I hope you all had a fabulous Christmas and a fantastic New Year. Here in Bath, I have been working away over the holidays on OpenIndie in preparation of a video walk-through screencast that I am preparing. Right now, I’m in the middle of getting that together and it should post on Tuesday the 5th - so keep your eyes peeled.

Next, I want to address the filmmaker tools which I mentioned in a couple of comments and posts on this blog in the past month. These tools were originally planned to go live around Christmas time and were intended to allow the first 100 filmmakers to upload their lists of people who have expressed an interest in their film. This in turn would allow us to send out invites to those people who would become exclusive users of the OpenIndie private beta which launches on March 1st. This plan has changed somewhat. Filmmakers will still have this functionality available to them, in fact, I’ve already written the code that drives it. However, the functionality won’t be launched as a “filmmaker tools” microsite.

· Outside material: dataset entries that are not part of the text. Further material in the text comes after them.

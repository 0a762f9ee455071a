//! The first choice that clashes with one of some others.
ghost use Rattle.std.specs.Prelude.{◌≡◌, ◌<◌, ◌&&◌, ℕ, not, true, false, length, IfOk, IfNone, IfSome};
ghost use Rattle.propagation.specs.declared.choice.Choice.{Choice};
ghost use Rattle.propagation.specs.Choices.{AreChoices};
ghost use Rattle.propagation.specs.inside.Engine.{is_left};
ghost use Rattle.propagation.specs.inside.State.{At};
ghost use Rattle.propagation.specs.inside.Striking.{is_struck, AreApart, AreMarkedMatching, FirstStruck};

use crate::choice::Choice;
use crate::engine::Engine;
use crate::marking::mark_at;
use std::alloc::{AllocError, Global};

/// Marks without those of choices that clash with one of those at some places. The work grows with the number of
/// choices, claims and demands, and not with the number of pairs.
fn without_struck(
    alloc: Global,
    choices: &[Choice],
    marks: &[bool],
    by: &[usize],
) -> Result<Vec<bool>, AllocError>
    requires choices { AreChoices choices.now }
    requires size { length marks.now ≡ length choices.now }
    requires marked { AreMarkedMatching choices.now marks.now }
    requires apart { AreApart choices.now marks.now by.now }
    ensures { IfOk result (λ rest. (place : ℕ) (c : Choice) → At choices.now place c →
        is_left rest.items place ≡ (is_left marks.now place && not (is_struck choices.now by.now c))) }
{
    let mut engine = Engine::of(alloc, choices, Vec::from_slice(alloc, marks)?)?;
    engine.carry_out_each(alloc, choices, by)?;
    Ok(engine.into_left())
}

/// The first place at which one list has a mark and another has none.
fn first_lost(marks: &[bool], rest: &[bool]) -> Option<usize>
    ensures none { IfNone result ((place : ℕ) → is_left marks.now place ≡ true → is_left rest.now place ≡ true) }
    ensures lost { IfSome result (λ place. is_left marks.now place ≡ true) }
    ensures gone { IfSome result (λ place. is_left rest.now place ≡ false) }
    ensures before { IfSome result (λ place. (k : ℕ) → k < place →
        is_left marks.now k ≡ true → is_left rest.now k ≡ true) }
{
    for place in 0..marks.len() {
        if marks[place] && !mark_at(rest, place) {
            return Some(place);
        }
    }
    None
}

/// The first marked choice that clashes with one of those at some places.
pub(crate) fn first_struck(
    alloc: Global,
    choices: &[Choice],
    marks: &[bool],
    by: &[usize],
) -> Result<Option<usize>, AllocError>
    requires choices { AreChoices choices.now }
    requires size { length marks.now ≡ length choices.now }
    requires marked { AreMarkedMatching choices.now marks.now }
    requires apart { AreApart choices.now marks.now by.now }
    ensures { IfOk result (λ first. FirstStruck choices.now marks.now by.now first) }
{
    let rest = without_struck(alloc, choices, marks, by)?;
    Ok(first_lost(marks, rest.as_slice()))
}
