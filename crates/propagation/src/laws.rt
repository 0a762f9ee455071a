//! That the sets of excluded and of forced items are the least ones that the rules lead to.
ghost use Rattle.std.specs.Prelude.{Bool, List};
ghost use Rattle.propagation.specs.Rounds.{Rules};
ghost use Rattle.propagation.specs.Least.{AreClosed, RoundsAreClosed, HaveAtLeast};

/// The items that don't remain, and the forced ones, are the least sets for which both rules hold: an item is excluded
/// where it doesn't match by itself or clashes with a forced one, and forced where all others of its section are
/// excluded. For they hold of these sets; and all sets that they hold of exclude and force at least as much.
pub fn sets_are_least<T>()
    ensures closed { (rules : Rules T) (all : List T) → RoundsAreClosed rules all }
    ensures least { (rules : Rules T) (all : List T) (excluded forced : T → Bool)
        → AreClosed rules all excluded forced → HaveAtLeast rules all excluded forced }
{}
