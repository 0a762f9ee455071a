//! Which choices that must be chosen clash.
ghost use Rattle.std.specs.Prelude.{◌≡◌, ◌<◌, ◌&&◌, ℕ, false, true, length, IfOk};
ghost use Rattle.std.specs.Prelude.{IfNone, IfSome, IsSome, All, map, option_map};
ghost use Rattle.std.specs.List.{list_any};
ghost use Rattle.std.specs.Option.{option_and_then};
ghost use Rattle.propagation.specs.declared.choice.Choice.{Choice};
ghost use Rattle.propagation.specs.Rounds.{remaining, forced, is_among};
ghost use Rattle.propagation.specs.Conflicts.{conflict};
ghost use Rattle.propagation.specs.Choices.{AreChoices, choice_rules, by_section, pair_at};
ghost use Rattle.propagation.specs.inside.Engine.{is_left, list_at};
ghost use Rattle.propagation.specs.inside.State.{At, IsWhole};
ghost use Rattle.propagation.specs.inside.Striking.{is_stuck, is_stuck_in, is_stuck_out, Between, Around};

use crate::building::members_by_section;
use crate::choice::Choice;
use crate::marking::mark_at;
use crate::striking::first_struck;
use crate::tables::Table;
use std::alloc::{AllocError, Global};

/// The first two choices of different sections that must be chosen and clash, by their places, given which choices are
/// left. The work grows with the number of choices, claims and demands, and with the greatest numbers of these: two
/// choices that must be chosen only clash where nothing is left of either's section, each choice of such a section that
/// can be chosen clashes with another one, and three walks find the first two.
pub fn first_conflict(
    alloc: Global,
    choices: &[Choice],
    left: &[bool],
    sections: u32,
) -> Result<Option<(usize, usize)>, AllocError>
    requires order { AreChoices choices.now }
    requires within { All (λ choice. choice.section < sections) choices.now }
    requires left { left.now ≡ map (is_among choice_rules (remaining choice_rules choices.now)) choices.now }
    ensures conflict { IfOk result (λ places.
        option_and_then (pair_at choices.now) places
        ≡ conflict choice_rules (by_section sections (forced choice_rules choices.now))) }
    ensures within { IfOk result (λ places.
        IfSome places (λ p. (p.0 < length choices.now) × (p.1 < length choices.now))) }
{
    let whole = members_by_section(alloc, choices)?;
    let alive = alive_sections(alloc, left, &whole, sections as usize)?;
    let Some(place) = first_stuck(choices, alive.as_slice()) else {
        return Ok(None);
    };
    conflict_around(
        alloc,
        choices,
        &whole,
        alive.as_slice(),
        choices[place].section,
    )
}

/// Whether one of some choices is left.
fn has_left(left: &[bool], places: &[usize]) -> bool
    ensures { result ≡ list_any (is_left left.now) places.now }
{
    places.iter().any(|place| mark_at(left, *place))
}

/// Of which sections something is left.
fn alive_sections(
    alloc: Global,
    left: &[bool],
    whole: &Table<usize>,
    sections: usize,
) -> Result<Vec<bool>, AllocError>
    ensures len { IfOk result (λ marks. length marks.items ≡ sections) }
    ensures each { IfOk result (λ marks. (section : ℕ) → section < sections →
        is_left marks.items section ≡ list_any (is_left left.now) (list_at whole.now section)) }
{
    let mut alive = Vec::new(alloc);
    for section in 0..sections {
        alive.push(has_left(left, whole.get(section)))?;
    }
    Ok(alive)
}

/// Whether a choice can be chosen, and nothing is left of its section.
fn stuck(alive: &[bool], choice: &Choice) -> bool
    ensures { result ≡ is_stuck alive.now choice.now }
{
    choice.matches && !mark_at(alive, choice.section as usize)
}

/// The first choice that can be chosen and of whose section nothing is left.
fn first_stuck(choices: &[Choice], alive: &[bool]) -> Option<usize>
    ensures none { IfNone result ((place : ℕ) (c : Choice) → At choices.now place c → is_stuck alive.now c ≡ false) }
    ensures within { IfSome result (λ place. place < length choices.now) }
    ensures stuck { IfSome result (λ place. (c : Choice) → At choices.now place c → is_stuck alive.now c ≡ true) }
    ensures before { IfSome result (λ place. (k : ℕ) (c : Choice) → k < place →
        At choices.now k c → is_stuck alive.now c ≡ false) }
{
    for (place, choice) in choices.iter().enumerate() {
        if stuck(alive, choice) {
            return Some(place);
        }
    }
    None
}

/// Marks of the choices of a section that can be chosen, where nothing is left of the section.
fn stuck_in(
    alloc: Global,
    choices: &[Choice],
    alive: &[bool],
    section: u32,
) -> Result<Vec<bool>, AllocError>
    ensures { IfOk result (λ marks. marks.items ≡ map (is_stuck_in alive.now section) choices.now) }
{
    choices
        .iter()
        .map(|choice| stuck(alive, choice) && choice.section == section)
        .collect(alloc)
}

/// Marks of the choices that can be chosen, of other sections of which nothing is left.
fn stuck_out(
    alloc: Global,
    choices: &[Choice],
    alive: &[bool],
    section: u32,
) -> Result<Vec<bool>, AllocError>
    ensures { IfOk result (λ marks. marks.items ≡ map (is_stuck_out alive.now section) choices.now) }
{
    choices
        .iter()
        .map(|choice| stuck(alive, choice) && choice.section != section)
        .collect(alloc)
}

/// Of two sections of which nothing is left: the first choice of one that clashes with one of the other, and the first
/// of the other with which it does.
fn conflict_between(
    alloc: Global,
    choices: &[Choice],
    whole: &Table<usize>,
    alive: &[bool],
    one: u32,
    two: u32,
) -> Result<Option<(usize, usize)>, AllocError>
    requires choices { AreChoices choices.now }
    requires whole { IsWhole choices.now whole.now }
    requires apart { one ≡ two → ⊥ }
    ensures { IfOk result (λ found. Between choices.now whole.now alive.now one two found) }
{
    let ones = stuck_in(alloc, choices, alive, one)?;
    match first_struck(alloc, choices, ones.as_slice(), whole.get(two as usize))? {
        Some(first) => {
            let others = stuck_in(alloc, choices, alive, two)?;
            let by = [first];
            match first_struck(alloc, choices, others.as_slice(), &by)? {
                Some(second) => Ok(Some((first, second))),
                None => Ok(None),
            }
        }
        None => Ok(None),
    }
}

/// The same for a section and the first choice, of another section, that clashes with one of it: the section of this
/// choice is the other.
fn conflict_around(
    alloc: Global,
    choices: &[Choice],
    whole: &Table<usize>,
    alive: &[bool],
    one: u32,
) -> Result<Option<(usize, usize)>, AllocError>
    requires choices { AreChoices choices.now }
    requires whole { IsWhole choices.now whole.now }
    ensures { IfOk result (λ found. Around choices.now whole.now alive.now one found) }
{
    let others = stuck_out(alloc, choices, alive, one)?;
    match first_struck(alloc, choices, others.as_slice(), whole.get(one as usize))? {
        Some(place) => {
            let two = choices[place].section;
            conflict_between(alloc, choices, whole, alive, one, two)
        }
        None => Ok(None),
    }
}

The decision to go this route was threefold, first our deadline of the first of a March launch has always been terrifically ambitious and so time is precious. Secondly, we felt that the time it would take to extract the functionality from the core site and polishing it for public release would be better spent on the core site and finally we felt that it was important that filmmakers also had the chance to add their films to the site before their “fans” were invited because otherwise those people invited by that filmmaker wouldn’t be able to request the film immediately after signing up. We felt that was an important first step for the user and vital to ensure the best possible conversion of invite to request ratio.

As I said earlier, I am planning to post the walk through video on Tuesday which I think will give you all a much better understanding of how the site will work plus a little geeky insight for all you tech-heads out there ;) If you have any questions in the meantime - kieran AT openindie DOT com is always open!

Kieran Masterton

OpenIndie Co-Founder

Dec 17

17 days of OpenIndie in statistics

It’s Thursday on OpenIndie Phase One week three and, here’s some statistics for you:

12,296 lines of code written

That’s approximately 723 lines of code a day.

For the geeks amongst you, that’s: 18 models, 82 views and 30 controllers

54 cups of tea consumed

83 emails sent back and forth between Arin and I

6 mince pies consumed

26 plays of Jump Back - The Best Of The Rolling Stones, ‘71 - ‘93

311 tweets sent from @kieranmasterton and @openindie

49 commits back to GitHub

11 cups of coffee consumed

236 emails sent out to Phase One backers

And that’s just a taste of what has been happening over the last 17 days at OpenIndie.